In this paper, we proposed a tour recommendation method, where the main idea was to personalize the user’s preference for each element. We first built a rating matrix and a diversity matrix for training an autoencoder. Then, a personalized diversity score was derived based on the reconstructed outputs from the autoencoder. Then, the popularity and distance scores of the POI were obtained, as were the degree to which users considered popularity and distance to be important factors in the POI selection, multiplied as weights, and reflected in the final recommendation. The proposed method was evaluated using TripAdvisor and Naver data and showed higher recommendation accuracy than other baselines in all cases.

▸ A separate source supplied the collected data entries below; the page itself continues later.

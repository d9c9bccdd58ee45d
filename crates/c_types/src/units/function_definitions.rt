//! Function definitions (6.9.1 of ISO/IEC 9899:2011).
ghost use Rattle.std.specs.Prelude.{◌≡◌, map};
ghost use Rattle.c_layout.specs.DeclarationTrees as syntax;
ghost use Rattle.c_layout.specs.DeclarationTrees.{
  name_view,
  spec_tree,
  function_declarator_view,
  statement_trees,
};
ghost use Rattle.c_layout.specs.CheckedUnits.{function_view};
ghost use Rattle.c_types_scopes.specs.Answers.{Leads};
ghost use Rattle.c_types_scopes.specs.States.{state};
ghost use Rattle.c_types_declarations.specs.Specifiers.{specified_view};
ghost use Rattle.c_types_declarations.specs.FunctionHeads.{head_view};
ghost use Rattle.c_types_statement_rules.specs.Objects.LocalObjects.{parts_view};
ghost use Rattle.c_types.specs.Units.FunctionDefinitions as spec;

use crate::file_scope::{function_slot, is_typedef, judged_head, taken_body};
use c_layout::{Function, FunctionDeclarator, Name, SpecWord, Statement};
use c_types_declarations::{FunctionHead, Specified, function_head, specifiers_of};
use c_types_scopes::{Body, Context, type_fault};
use c_types_statement_rules::objects::BlockParts;
use c_types_statement_rules::statement_rules::{BodyFlow, no_parts};
use c_types_statements::{add_labels, items};
use cc_base::{Place, Stop};

/// The body at hand is that of the function of a name.
fn number_body(cx: &mut Context, known: u32)
    ensures { state cx.new ≡ spec.with_number known (state cx.old) }
{
    let number = match cx.definitions.function(known) {
        Some(number) => number,
        None => 0,
    };
    cx.body.number = number;
}

/// The head of a definition, in a scope of its own that stays open.
fn defined_head(
    cx: &mut Context,
    base: &Specified,
    declarator: &FunctionDeclarator,
) -> Result<FunctionHead, Stop>
    ensures { Leads head_view (spec.defined_head (state cx.old) (specified_view base.now) (function_declarator_view declarator.now)) result (state cx.new) }
{
    let slot = function_slot(cx, &declarator.name)?;
    cx.scopes.open()?;
    let head = function_head(cx, &base.declared, declarator)?;
    judged_head(cx, &declarator.name, slot, &head)?;
    number_body(cx, slot.known);
    Ok(head)
}

/// The parts of a body that is typed in the scope of its parameters, and how many labels it has.
fn body_parts(
    cx: &mut Context,
    head: &FunctionHead,
    list: &[Statement],
) -> Result<(BlockParts, u32), Stop>
    ensures { Leads (λ r. (parts_view r.0, r.1)) (spec.body_parts (head_view head.now) (statement_trees (map syntax.statement_tree list.now)) (state cx.old)) result (state cx.new) }
{
    let result_type = head.declared.ctype.copy(cx.alloc)?;
    let mut flow = BodyFlow::new(cx.alloc, result_type);
    add_labels(cx, &mut flow, list)?;
    let mut parts = no_parts(cx.alloc);
    items(cx, &mut flow, list, &mut parts)?;
    Ok((parts, flow.label_count()))
}

/// A function of the parts of its body.
fn function_of_parts(
    cx: &mut Context,
    name: &Name,
    head: FunctionHead,
    body: (BlockParts, u32),
) -> Result<Function, Stop>
    ensures { Leads function_view (spec.function_of_parts (name_view name.now) (head_view head) (parts_view body.0, body.1) (state cx.old)) result (state cx.new) }
{
    let parameters = u32::try_from(head.parameters.len()).map_err(|_| Stop::Memory)?;
    let text = name.text.copy(cx.alloc)?;
    let (parts, labels) = body;
    let BlockParts {
        objects,
        statements,
    } = parts;
    let FunctionHead { declared, .. } = head;
    let Body { locals, .. } = taken_body(cx);
    Ok(Function {
        name: text,
        place: name.place,
        result: declared.ctype,
        parameters,
        locals,
        scope: objects,
        body: statements,
        labels,
    })
}

/// The function with a body whose head has a type.
fn with_body(
    cx: &mut Context,
    name: &Name,
    list: &[Statement],
    head: FunctionHead,
) -> Result<Function, Stop>
    ensures { Leads function_view (spec.with_body (name_view name.now) (statement_trees (map syntax.statement_tree list.now)) (head_view head) (state cx.old)) result (state cx.new) }
{
    let body = body_parts(cx, &head, list)?;
    function_of_parts(cx, name, head, body)
}

/// A definition whose specifiers are read.
fn defined(
    cx: &mut Context,
    declarator: &FunctionDeclarator,
    list: &[Statement],
    base: &Specified,
) -> Result<Function, Stop>
    ensures { Leads function_view (spec.defined (function_declarator_view declarator.now) (statement_trees (map syntax.statement_tree list.now)) (specified_view base.now) (state cx.old)) result (state cx.new) }
{
    let head = defined_head(cx, base, declarator)?;
    let made = with_body(cx, &declarator.name, list, head)?;
    cx.scopes.close();
    Ok(made)
}

/// A function definition.
pub fn function_definition(
    cx: &mut Context,
    place: Place,
    words: &[SpecWord],
    declarator: &FunctionDeclarator,
    list: &[Statement],
) -> Result<Function, Stop>
    ensures { Leads function_view (spec.function_definition (state cx.old) place (map spec_tree words.now) (function_declarator_view declarator.now) (map syntax.statement_tree list.now)) result (state cx.new) }
{
    let base = specifiers_of(cx, place, words, false)?;
    if is_typedef(base.storage) {
        return Err(type_fault(declarator.name.place));
    }
    defined(cx, declarator, list, &base)
}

We believe that there are many other aspects that could be considered in travel destination recommendation aside from the diversity, popularity, and distance factors we considered. In our future work, the weather conditions and the peak season period of each POI will also be considered. Based on the individual POI recommendations, we will work on travel routes recommendations. We also plan to research travel recommendations based on user composition (couples, families, friends and individual) to provide more precise recommendation than current general recommendation.